# Stocking 10 Gallon Betta tank



## Homer_Simpson (May 10, 2007)

desolatefox said:


> I'm planning on upgrading my betta from a 3 gallon to a 5 gallon (by himself) or 10 gallon (with other fish), and I was wondering what to choose as tank mates. I've been searching the web for the last hour trying to decide on what would be safe; there is so much conflicting information. :icon_roll
> 
> So anyway..if I get a 10 gallon, how does this sound? My betta plus 5 cardinal tetras, then possibly a trio of cherry barbs and an oto. Overstocked? Too much potential for aggression or fin nipping?
> 
> ...


Bettas can have radically differing personalities so there is no way to say what would happen with 100% accuracy. It is a risk that may or may not pay off. The betta may not like its tankmates and act agressively toward them or you may get a fish that although normally is not known to fin nip may nip the bettas fins. Personally, I would put only put Zebra Nerite Snails with a betta. Why? the zebra nerite will not bother the betta and if the betta decides to pick on the snail, there will be little harm as the snail will be protected by its shell. Plus, you get some added insurance against algae in a planted tank as zebra nerite snails are known to be among the best algae eaters around and will even clear a tank of green spot algae which nothing else will touch.


----------



## ZooTycoonMaster (Jan 2, 2008)

Don't put any barbs with a Betta whatsoever, because they can still be tempted to nip fins (or vice-versa).


----------



## lauraleellbp (Feb 3, 2008)

I've kept Cardinals with Bettas before with no issues.
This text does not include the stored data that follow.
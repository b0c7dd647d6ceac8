//! Instructions with what they name.
ghost use Rattle.std.specs.Prelude.{◌≡◌};
ghost use Rattle.class_names.specs.Keys.{IsNumbered, classes_in};
ghost use Rattle.class_definition.specs.Linking as linking;

use crate::constants::{
    iconst_word, local_instruction, pushed_int, return_instruction, short_index, word_constant,
};
use crate::pool_instructions::pool_instruction;
use class_names::{Names, NumberedClass};
use jvm_code::Op;
use jvm_definition::{ArrayKind, BranchName, Constant, Instruction};
use nv_words::unsigned;

/// The instruction of a method of a class with a number; the method gives an int or nothing.
pub fn linked_instruction(
    names: &Names,
    number: u16,
    class: &NumberedClass,
    gives: bool,
    op: Op,
) -> Instruction
    requires { IsNumbered names.now.numbered.texts.keys class.now }
    ensures { result ≡ linking.linked_instruction (classes_in names.now.numbered.classes.items)
        number class.now.class.now gives op }
{
    match op {
        Op::Nop => Instruction::Nop,
        Op::AconstNull => Instruction::Push(Constant::Null),
        Op::Iconst(name) => Instruction::Push(Constant::Int(iconst_word(name))),
        Op::Bipush(n) => pushed_int(i32::from(n)),
        Op::Sipush(n) => pushed_int(i32::from(n)),
        Op::Ldc(slot) => word_constant(number, class.class, u16::from(slot)),
        Op::Pool(name, slot) => pool_instruction(names, number, class, name, slot),
        Op::Local(name, index) => local_instruction(name, index),
        Op::ShortLocal(name, index) => local_instruction(name, short_index(index)),
        Op::Array(name) => Instruction::Array(name),
        Op::Stack(name) => Instruction::Stack(name),
        Op::IntArithmetic(name) => Instruction::IntArithmetic(name),
        Op::IntDivision(name) => Instruction::IntDivision(name),
        Op::IntShift(name) => Instruction::IntShift(name),
        Op::LongArithmetic(name) => Instruction::LongArithmetic(name),
        Op::LongDivision(name) => Instruction::LongDivision(name),
        Op::LongShift(name) => Instruction::LongShift(name),
        Op::Iinc(index, n) => Instruction::Increment(index, unsigned(i32::from(n))),
        Op::Convert(name) => Instruction::Convert(name),
        Op::Lcmp => Instruction::LongCompare,
        Op::Branch(name, target) => Instruction::Branch(name, target),
        Op::GotoW(target) => Instruction::Branch(BranchName::Goto, target),
        Op::TableSwitch(switch) => Instruction::TableSwitch(switch),
        Op::LookupSwitch(switch) => Instruction::LookupSwitch(switch),
        Op::Give(name) => return_instruction(gives, name),
        Op::Newarray => Instruction::NewArray(ArrayKind::Ints),
        Op::Arraylength => Instruction::ArrayLength,
    }
}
As Homer said, though- you need to have a Plan B in place in case it doesn't work b/c Bettas are always "individuals."


----------



## CobraGuppy (Sep 23, 2007)

If the cardinal's don't work out you could consider some bottom dwellers like Corys.


----------



## Walking_Target (Jul 16, 2008)

My 10g betta tank has a breeding colony of cherry shrimps and it's a freakin booming colony, started with 8 or so, now I have at least 80, if not over 100 with females from the first hatching becoming berried in the next day or so (all very saddled with great color) 
There's also 2 Panda corys and a single Juli or similar corydoras sp. (an emergency adoption for a friend along with a small plec that went in another tank...) Oh, and 4 Amanos that I almost never see. 
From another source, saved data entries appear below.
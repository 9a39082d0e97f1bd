// The records of blocks, as C and Rust are given them: with a refusal every field is 0. What the kinds share is `fields_by`. The rest
// of each function is its own reader of `text_record` and its own struct of C, which has no generic one.
ghost use Rattle.std.specs.Prelude.{◌≡◌, map};
ghost use Rattle.export_texts.specs.Answers.{vertex_out, linedef_out, sidedef_out, sector_out, thing_out};
ghost use Rattle.text_map.specs.Answers.{rows_by};
ghost use Rattle.text_table.specs.Rows.{row_of};

use refusal::{Refusal, Status};
use text_map::BlockFields;
use text_record::{TextLinedef, TextSector, TextSidedef, TextThing, TextVertex};
use text_table::{Field, Scope};

#[repr(C)]
#[derive(Clone, Copy)]
pub struct TextVertexAnswer {
    pub status: Status,
    pub vertex: TextVertex,
    pub next: usize,
}

#[repr(C)]
#[derive(Clone, Copy)]
pub struct TextLinedefAnswer {
    pub status: Status,
    pub linedef: TextLinedef,
    pub next: usize,
}

#[repr(C)]
#[derive(Clone, Copy)]
pub struct TextSidedefAnswer {
    pub status: Status,
    pub sidedef: TextSidedef,
    pub next: usize,
}

#[repr(C)]
#[derive(Clone, Copy)]
pub struct TextSectorAnswer {
    pub status: Status,
    pub sector: TextSector,
    pub next: usize,
}

#[repr(C)]
#[derive(Clone, Copy)]
pub struct TextThingAnswer {
    pub status: Status,
    pub thing: TextThing,
    pub next: usize,
}

pub fn vertex_by(text: &[u8], places: &[usize; 34], f: BlockFields) -> TextVertexAnswer
    ensures { result ≡ vertex_out text.now f places.now }
{
    TextVertexAnswer {
        status: Status::from(f.check),
        vertex: text_record::vertex_of(text, places),
        next: f.next,
    }
}

// The fields of a kind: none where the block is refused, so that every default is 0.
fn fields_by(kind: Scope, check: Result<(), Refusal>) -> &'static [Field]
    ensures { map row_of result.now ≡ rows_by kind check }
{
    match check {
        Ok(()) => text_table::fields(kind),
        Err(_) => &[],
    }
}

pub fn linedef_by(text: &[u8], id: i32, places: &[usize; 34], f: BlockFields) -> TextLinedefAnswer
    ensures { result ≡ linedef_out text.now id f places.now }
{
    let fields = fields_by(Scope::Linedef, f.check);
    TextLinedefAnswer {
        status: Status::from(f.check),
        linedef: text_record::linedef_of(text, fields, places, id),
        next: f.next,
    }
}

pub fn sidedef_by(text: &[u8], places: &[usize; 34], f: BlockFields) -> TextSidedefAnswer
    ensures { result ≡ sidedef_out text.now f places.now }
{
    let fields = fields_by(Scope::Sidedef, f.check);
    TextSidedefAnswer {
        status: Status::from(f.check),
        sidedef: text_record::sidedef_of(text, fields, places),
        next: f.next,
    }
}

pub fn sector_by(text: &[u8], places: &[usize; 34], f: BlockFields) -> TextSectorAnswer
    ensures { result ≡ sector_out text.now f places.now }
{
    let fields = fields_by(Scope::Sector, f.check);
    TextSectorAnswer {
        status: Status::from(f.check),
        sector: text_record::sector_of(text, fields, places),
        next: f.next,
    }
}

pub fn thing_by(text: &[u8], places: &[usize; 34], f: BlockFields) -> TextThingAnswer
    ensures { result ≡ thing_out text.now f places.now }
{
    let fields = fields_by(Scope::Thing, f.check);
    TextThingAnswer {
        status: Status::from(f.check),
        thing: text_record::thing_of(text, fields, places),
        next: f.next,
    }
}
Kid you not, the only thing my betta even looks at is the Ramshorn snails in there. He'll flare and do his aggressive thing for it, but nothing else in the tank.


----------



## Athos710 (Dec 14, 2008)

My Betta in a 20 Long flares at all of his tank mates. There are 2 Yoyo laoches, 4 Otto cats, 2 paleatus cories, and 1 bushynose pleco. The yoyos just ignore him, everyone else runs. This particular Betta will never see my shrimp tank.


----------



## jrafael (Jan 7, 2009)

CobraGuppy said:


> If the cardinal's don't work out you could consider some bottom dwellers like Corys.


Corys +1


----------



## Walking_Target (Jul 16, 2008)

Corys, ottos, certain loaches (all of my bettas have ignored Khulis) even some Botia species would work (though not in a 10g i suppose)


----------



## Aquarist_Fist (Jul 22, 2008)

In my experience, you can keep bettas with pretty much any peaceful, non-nipping species, as long as the tank is large enough. 10g is very small.



desolatefox said:


> So anyway..if I get a 10 gallon, how does this sound? My betta plus 5 cardinal tetras, then possibly a trio of cherry barbs and an oto. Overstocked? Too much potential for aggression or fin nipping?


Tetras need more space than 10g.

Cherry barbs need to be in shoals (and then need more space). Plus they nip fins, as someone pointed out.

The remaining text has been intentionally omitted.